---- Extracted entries

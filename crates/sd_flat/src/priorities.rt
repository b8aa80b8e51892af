//! The priorities of those who wait for a lock, and what they leave of a thread's priority.

ghost use Rattle.std.specs.Prelude.{◌≡◌, ◌<◌, ◌&&◌, length, not, slice_index_or};
ghost use Rattle.sd_flat.specs.Standings.{greatest_but, is_number};
ghost use Rattle.sd_state.specs.States.{no_thread};
ghost use Rattle.sd_machine.specs.Threads.{greater, greatest_waiting, has_waiters, is_waiting};
ghost use Rattle.sd_machine.specs.Locking.{others_waiting};
ghost use Rattle.sd_types.specs.Priorities.{greatest_willed};
ghost use Rattle.sd_types.specs.Willed.{without_number};

use crate::standings::is_waiting;
use sd_state::{State, ThreadState};
use sd_types::{LockId, ThreadId};

/// Somebody waits for lock `l`, on either side.
#[tactic(auto, unfolding(sd_machine::specs::Threads::has_waiters))]
pub fn has_waiters(s: &State, l: LockId) -> bool
    ensures { result ≡ has_waiters s.now l.0 }
{
    s.threads.items().iter().any(|x| is_waiting(l, &x.place))
}

/// The greater of a priority and another, if there is one.
pub fn greater(p: u8, other: Option<u8>) -> u8
    ensures { result ≡ greater p other }
{
    match other {
        None => p,
        Some(q) => p.max(q),
    }
}

/// The greatest of `base` and the numbers for other locks than `l`.
pub fn greatest_without(base: u8, l: LockId, willed: &[(LockId, u8)]) -> u8
    ensures { result ≡ greatest_willed base (without_number l willed.now) }
{
    let mut greatest = base;
    let mut i = willed.len();
    while i > 0 {
        i -= 1;
        let (lock, number) = willed[i];
        if l.0 != lock.0 {
            greatest = number.max(greatest);
        }
    }
    greatest
}

/// Thread `i` waits for lock `l`, and is not the one that is left out.
fn counts(l: LockId, threads: &[ThreadState], but: Option<usize>, i: usize) -> bool
    requires { i < length threads.now }
    ensures { result ≡ (not (is_number i but) && is_waiting l.0 (slice_index_or threads.now i no_thread).place) }
{
    let left_out = match but {
        None => false,
        Some(j) => i == j,
    };
    !left_out && is_waiting(l, &threads[i].place)
}

/// The greatest effective priority of those who wait for lock `l`, but for thread `but`.
fn greatest_but(l: LockId, threads: &[ThreadState], but: Option<usize>) -> Option<u8>
    ensures { result ≡ greatest_but l.0 but 0 threads.now }
{
    let mut greatest = None;
    let mut i = threads.len();
    while i > 0 {
        i -= 1;
        if counts(l, threads, but, i) {
            greatest = Some(greater(threads[i].body.effective(), greatest));
        }
    }
    greatest
}

/// The greatest effective priority of those who wait for lock `l`, on both sides; None where nobody waits.
pub fn greatest_waiting(s: &State, l: LockId) -> Option<u8>
    ensures { result ≡ greatest_waiting l.0 s.now.threads }
{
    greatest_but(l, s.threads.items(), None)
}

/// The same of all but thread `u`, as if it waited no more.
pub fn others_waiting(s: &State, l: LockId, u: ThreadId) -> Option<u8>
    ensures { result ≡ others_waiting s.now l u.0 }
{
    greatest_but(l, s.threads.items(), Some(u.0 as usize))
}
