//! The numbers that processors show.

ghost use Rattle.std.specs.Prelude.{◌≡◌, ◌<◌, ◌≤◌, ℕ, length, map, nat_lt, true, IfSome};
ghost use Rattle.std.specs.List.{list_all};
ghost use Rattle.sd_machine.specs.Hints.{hint_of, hint_shown};
ghost use Rattle.sd_machine.specs.Threads.{priority_of};
ghost use Rattle.sd_flat.specs.Passes.{pass};
ghost use Rattle.sd_state.specs.States.{thread_of};
ghost use Rattle.sd_types.specs.Limits.{most_processors};

use crate::passes::pass;
use crate::scans::{index_of_best_unbound, index_of_runner};
use arrayvec::ArrayVec;
use sd_state::State;
use sd_types::{CpuId, Which};

/// The effective priority of the thread that a scan found, 0 to 159.
fn priority_of(s: &State, t: Option<usize>) -> Option<u8>
    requires inside { IfSome t (λ t. t < length s.now.threads) }
    requires willed { (t : ℕ) → list_all (λ n. nat_lt n.1 160) (thread_of s.now t).body.willed.items ≡ true }
    ensures value { result ≡ priority_of s.now t }
    ensures below { IfSome result (λ p. p < 160) }
{
    match t {
        None => None,
        Some(t) => Some(s.threads.items()[t].body.effective()),
    }
}

/// A priority plus 1, or 0 for none.
#[inline(always)]
pub fn hint_of(p: Option<u8>) -> u8
    requires { IfSome p (λ p. p < 160) }
    ensures { result ≡ hint_of p }
{
    match p {
        None => 0,
        Some(p) => p + 1,
    }
}

/// The number that processor `d` shows, 0 to 160: the effective priority plus 1 of its running thread, or of the best on
/// its queue that is bound to no processor; 0 for none. Inherited priorities are below 160.
#[tactic(auto, unfolding(sd_machine::specs::Hints::hint_shown))]
fn hint_shown(s: &State, which: Which, d: CpuId) -> u8
    requires { (t : ℕ) → list_all (λ n. nat_lt n.1 160) (thread_of s.now t).body.willed.items ≡ true }
    ensures { result ≡ hint_shown s.now which d }
{
    match which {
        Which::Running => hint_of(priority_of(s, index_of_runner(s, d))),
        Which::Queued => hint_of(priority_of(s, index_of_best_unbound(s, d))),
    }
}

/// The number that processor `d` shows, read from those of a pass where that has it.
fn number_at(numbers: &[u8], s: &State, which: Which, d: CpuId) -> u8
    requires willed { (t : ℕ) → list_all (λ n. nat_lt n.1 160) (thread_of s.now t).body.willed.items ≡ true }
    requires numbers { numbers.now ≡ pass which s.now.threads }
    ensures { result ≡ hint_shown s.now which d }
{
    let index = d.0 as usize;
    if index < numbers.len() {
        numbers[index]
    } else {
        hint_shown(s, which, d)
    }
}

/// The numbers that these processors show, in their order.
pub fn numbers_shown(s: &State, which: Which, cpus: &[CpuId]) -> ArrayVec<u8, 64>
    requires fits { length cpus.now ≤ most_processors }
    requires willed { (t : ℕ) → list_all (λ n. nat_lt n.1 160) (thread_of s.now t).body.willed.items ≡ true }
    ensures { result.items ≡ map (hint_shown s.now which) cpus.now }
{
    let all = pass(which, s);
    let mut numbers = ArrayVec::new();
    for d in cpus {
        numbers.push(number_at(&all, s, which, *d));
    }
    numbers
}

--------

_Description of the task_
Each line containing the word "base" must be pulled from the listing and copied.

_Output for this task_
/// The greatest of `base` and the numbers for other locks than `l`.
pub fn greatest_without(base: u8, l: LockId, willed: &[(LockId, u8)]) -> u8
    ensures { result ≡ greatest_willed base (without_number l willed.now) }
    let mut greatest = base;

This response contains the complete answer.